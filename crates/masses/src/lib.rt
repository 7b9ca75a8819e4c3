// Masses: a bracket's, the total, the ledger of a placement, and the display.
#![tactic(auto)]

ghost use Rattle.std.specs.Prelude.{◌≡◌, true, List, min, ◌+◌, ◌*◌, ◌-◌, ◌<◌, ◌≤◌, ◌^◌, eqb, ℤ, pos, nat_abs, ◌+ℤ◌, ◌*ℤ◌};
ghost use Rattle.scope.specs.declared.grammar.Key.TheVariants.{Obs};
ghost use Rattle.scope.specs.Limits.{residue_limit, part_limit, decimal_limit, count_limit, copy_limit, position_limit};
ghost use Rattle.scope.specs.Keys.{key_code};
ghost use Rattle.scope.specs.Modifications.{is_modification, copies};
ghost use Rattle.scope.specs.Tables.{millionths};
ghost use Rattle.scope.specs.Layout.{number_in, bracket_in, tables_in, decimals_field, key_field, mass_field, residues_field, value_field};
ghost use Rattle.scope.specs.Masses.{mass_of, mass_or0, times, ledger, daltons};
ghost use Rattle.areas.specs.Bounds.{Small, Bounds};
ghost use Rattle.brackets.specs.Row.{Row};
ghost use Rattle.masses.specs.Reach.{Reach, ReachPart};
ghost use Rattle.masses.specs.Weights.{weighs, weight_of};
ghost use Rattle.mass_laws.specs.Terms.{total_limit};
ghost use Rattle.masses.specs.Tallies.{CanTally, Tallied};
ghost use Rattle.masses.specs.Booking.{CanBook, booked, CanBookNamed, NamedBooked, CanPlace, BracketPlaced, PlacedBooked, CanPut, CanFloat, CopiesPut};

use areas::{Bytes, Numbers, count, first, residues};
use brackets::{
    Content, content_at, copies_of, is_declared, is_modification, is_placed, kind, names, parts,
    reached,
};
use scope::answers::{Ledger, Mass, Placement};
use scope::grammar::{Key, Kind};
use scope::tables::Number;

// There is no total: so many modifications have no stated mass.
#[derive(Clone, Copy, Debug, PartialEq, Eq)]
pub struct Lacking {
    pub count: usize,
}

// How many decimals a mass has at most.
const DECIMALS: usize = Number::DECIMALS as usize;

// The sum so far, and how many modifications had no stated mass.
#[derive(Clone, Copy, Debug, PartialEq, Eq)]
struct Tally {
    sum: i64,
    lacks: usize,
}

// So many millionths, to so many decimals. In tables of a line these are all that the number has.
fn to_decimals(m: i64, decimals: usize) -> i64
    requires { (Small m) × (decimals ≤ decimal_limit) }
    ensures { result ≡ millionths (number_in m decimals) }
{
    let u = tens::power(DECIMALS - decimals) as i64;
    m / u * u
}

// The mass of part j of bracket k.
fn part_mass(bytes: &Bytes, numbers: &Numbers, k: usize, j: usize) -> i64
    requires { ReachPart bytes.now numbers.now k j }
    ensures { result ≡ millionths (number_in (mass_field numbers.now k j) (decimals_field bytes.now k j)) }
{
    to_decimals(areas::mass(numbers, k, j), areas::decimals(bytes, k, j))
}

// Whether part j of bracket k has a mass: it is one, or a composition.
fn has_mass(bytes: &Bytes, k: usize, j: usize) -> bool
    requires { (Row bytes.now k) × (j < part_limit) }
    ensures { result ≡ weighs (value_field bytes.now k j) }
{
    matches!(
        content_at(bytes, k, j),
        Content::Mass | Content::Composition
    )
}

// Whether it stands behind `Obs`.
fn is_measured(bytes: &Bytes, k: usize, j: usize) -> bool
    requires { (Row bytes.now k) × (j < part_limit) }
    ensures { result ≡ eqb (key_field bytes.now k j) (key_code Obs) }
{
    areas::key(bytes, k, j) == Key::Obs as usize
}

// "its first mass without `Obs`, else its first `Obs` mass, else none": stated, only measured, or none.
pub fn bracket_mass(bytes: &Bytes, numbers: &Numbers, k: usize) -> Mass
    requires { Reach bytes.now numbers.now k }
    ensures { result ≡ mass_of (bracket_in bytes.now numbers.now k) }
{
    let n = parts(bytes, k);
    let mut measured = None;
    for j in 0..n {
        if has_mass(bytes, k, j) {
            if !is_measured(bytes, k, j) {
                return Mass::Stated(part_mass(bytes, numbers, k, j));
            }
            measured = measured.or(Some(j));
        }
    }
    match measured {
        Some(j) => Mass::Measured(part_mass(bytes, numbers, k, j)),
        None => Mass::None,
    }
}

// What it adds to a sum: a stated mass, and nothing else.
fn mass_or_0(bytes: &Bytes, numbers: &Numbers, k: usize) -> i64
    requires { Reach bytes.now numbers.now k }
    ensures { result ≡ mass_or0 (bracket_in bytes.now numbers.now k) }
{
    let mass = bracket_mass(bytes, numbers, k);
    match mass {
        Mass::Stated(m) => m,
        Mass::Measured(_) | Mass::None => 0,
    }
}

// A sum that fits.
fn add(a: i64, b: i64) -> i64
    requires { nat_abs a + nat_abs b < 2 ^ 63 }
    ensures { result ≡ a +ℤ b }
{
    a + b
}

// A mass taken so many times.
fn times(n: usize, m: i64) -> i64
    requires { (n ≤ position_limit) × (Small m) }
    ensures { result ≡ pos n *ℤ m }
{
    n as i64 * m
}

// How often bracket k counts, if it is a modification: a declared one once for each position that it reaches.
fn counts(bytes: &Bytes, k: usize) -> usize
    requires { (Row bytes.now k) × (residues_field bytes.now ≤ residue_limit) }
    ensures { ((ns : List ℤ) → is_modification (bracket_in bytes.now ns k) ≡ true → result ≡ times (tables_in bytes.now ns) (bracket_in bytes.now ns k)) × (result ≤ position_limit) }
{
    if kind(bytes, k) == Kind::Declared {
        reached(bytes, k)
    } else {
        count(bytes, k)
    }
}

// The tally with bracket k.
fn tally_with(bytes: &Bytes, numbers: &Numbers, k: usize, t: Tally) -> Tally
    requires { CanTally bytes.now numbers.now k t.sum t.lacks }
    ensures { Tallied (tables_in bytes.now numbers.now) (bracket_in bytes.now numbers.now k) t.sum t.lacks result.sum result.lacks }
{
    if !is_modification(bytes, k) {
        return t;
    }
    let n = counts(bytes, k);
    match bracket_mass(bytes, numbers, k) {
        Mass::Stated(m) => Tally {
            sum: add(t.sum, times(n, m)),
            ..t
        },
        Mass::Measured(_) | Mass::None => Tally {
            lacks: t.lacks + n,
            ..t
        },
    }
}

// The total of the tables, or how many modifications have no stated mass.
pub fn weigh(bytes: &Bytes, numbers: &Numbers) -> Result<i64, Lacking>
    requires { Bounds bytes.now numbers.now }
    ensures { result ≡ weight_of (tables_in bytes.now numbers.now) }
{
    let n = areas::brackets(bytes);
    let mut t = Tally { sum: 0, lacks: 0 };
    for k in 0..n {
        t = tally_with(bytes, numbers, k, t);
    }
    if t.lacks == 0 {
        Ok(t.sum)
    } else {
        Err(Lacking { count: t.lacks })
    }
}

// "the whole number becomes a double with nothing lost and is divided once by 1,000,000"
pub fn as_daltons(total: i64) -> f64
    requires { nat_abs total < total_limit }
    ensures { result ≡ daltons total }
{
    (total as f64) / 1000000.0
}

// A mass is booked at a position, if the ledger has it.
fn book(l: &mut [i64; Ledger::POSITIONS], position: u16, m: i64)
    requires { CanBook l.old position m }
    ensures { l.new ≡ booked l.old position m }
{
    let x = position as usize;
    if x < Ledger::POSITIONS {
        l[x] = add(l[x], m);
    }
}

// A mass is booked at every position that a place of bracket k names.
fn book_named(bytes: &Bytes, k: usize, l: &mut [i64; Ledger::POSITIONS], m: i64)
    requires { CanBookNamed bytes.now k l.old m }
    ensures { NamedBooked bytes.now k l.old l.new m }
{
    let end = residues(bytes) + 2;
    for x in 0..end {
        if names(bytes, k, x) {
            book(l, x as u16, m);
        }
    }
}

// What bracket k adds to the ledger where it is placed: a declared modification its mass at each position that it reaches, any other at its own.
fn book_placed(bytes: &Bytes, numbers: &Numbers, k: usize, l: &mut [i64; Ledger::POSITIONS])
    requires { CanPlace bytes.now numbers.now k l.old }
    ensures { BracketPlaced bytes.now numbers.now k l.old l.new }
{
    if is_declared(bytes, k) {
        let m = mass_or_0(bytes, numbers, k);
        book_named(bytes, k, l, m);
    } else if is_placed(bytes, k) {
        let m = mass_or_0(bytes, numbers, k);
        let x = first(bytes, k);
        book(l, x as u16, m);
    }
}

// The ledger with the placed modifications.
fn placed_ledger(bytes: &Bytes, numbers: &Numbers) -> Ledger
    requires { Bounds bytes.now numbers.now }
    ensures { PlacedBooked bytes.now numbers.now result.at }
{
    let mut l = Ledger {
        at: [0; Ledger::POSITIONS],
    };
    let n = areas::brackets(bytes);
    for k in 0..n {
        book_placed(bytes, numbers, k, &mut l.at);
    }
    l
}

// c copies of a mass, at the placement's positions from i on. How many copies are booked then.
fn book_copies(
    l: &mut [i64; Ledger::POSITIONS],
    at: [u16; Placement::COPIES],
    i: usize,
    c: usize,
    m: i64,
) -> usize
    requires { CanPut l.old i c m }
    ensures { CopiesPut l.old l.new at i c m result }
{
    let end = (i + c).min(Placement::COPIES);
    for j in i..end {
        book(l, at[j], m);
    }
    end
}

// The floating copies of bracket k.
fn book_bracket(
    bytes: &Bytes,
    numbers: &Numbers,
    k: usize,
    l: &mut [i64; Ledger::POSITIONS],
    at: [u16; Placement::COPIES],
    i: usize,
) -> usize
    requires { CanFloat bytes.now numbers.now k l.old i }
    ensures { CopiesPut l.old l.new at i (copies (bracket_in bytes.now numbers.now k)) (mass_or0 (bracket_in bytes.now numbers.now k)) result }
{
    let c = copies_of(bytes, k);
    if c == 0 {
        return i;
    }
    let m = mass_or_0(bytes, numbers, k);
    book_copies(l, at, i, c, m)
}

// The ledger of a placement.
pub fn ledger_of(bytes: &Bytes, numbers: &Numbers, p: Placement) -> Ledger
    requires { Bounds bytes.now numbers.now }
    ensures { result.at ≡ ledger (tables_in bytes.now numbers.now) p.at }
{
    let mut l = placed_ledger(bytes, numbers);
    let n = areas::brackets(bytes);
    let mut i: usize = 0;
    for k in 0..n {
        i = book_bracket(bytes, numbers, k, &mut l.at, p.at, i);
    }
    l
}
======
WORK REQUEST:
Lines above with the string "List" need to be found and copied.

ANSWER TO THIS TASK:
ghost use Rattle.std.specs.Prelude.{◌≡◌, true, List, min, ◌+◌, ◌*◌, ◌-◌, ◌<◌, ◌≤◌, ◌^◌, eqb, ℤ, pos, nat_abs, ◌+ℤ◌, ◌*ℤ◌};
    ensures { ((ns : List ℤ) → is_modification (bracket_in bytes.now ns k) ≡ true → result ≡ times (tables_in bytes.now ns) (bracket_in bytes.now ns k)) × (result ≤ position_limit) }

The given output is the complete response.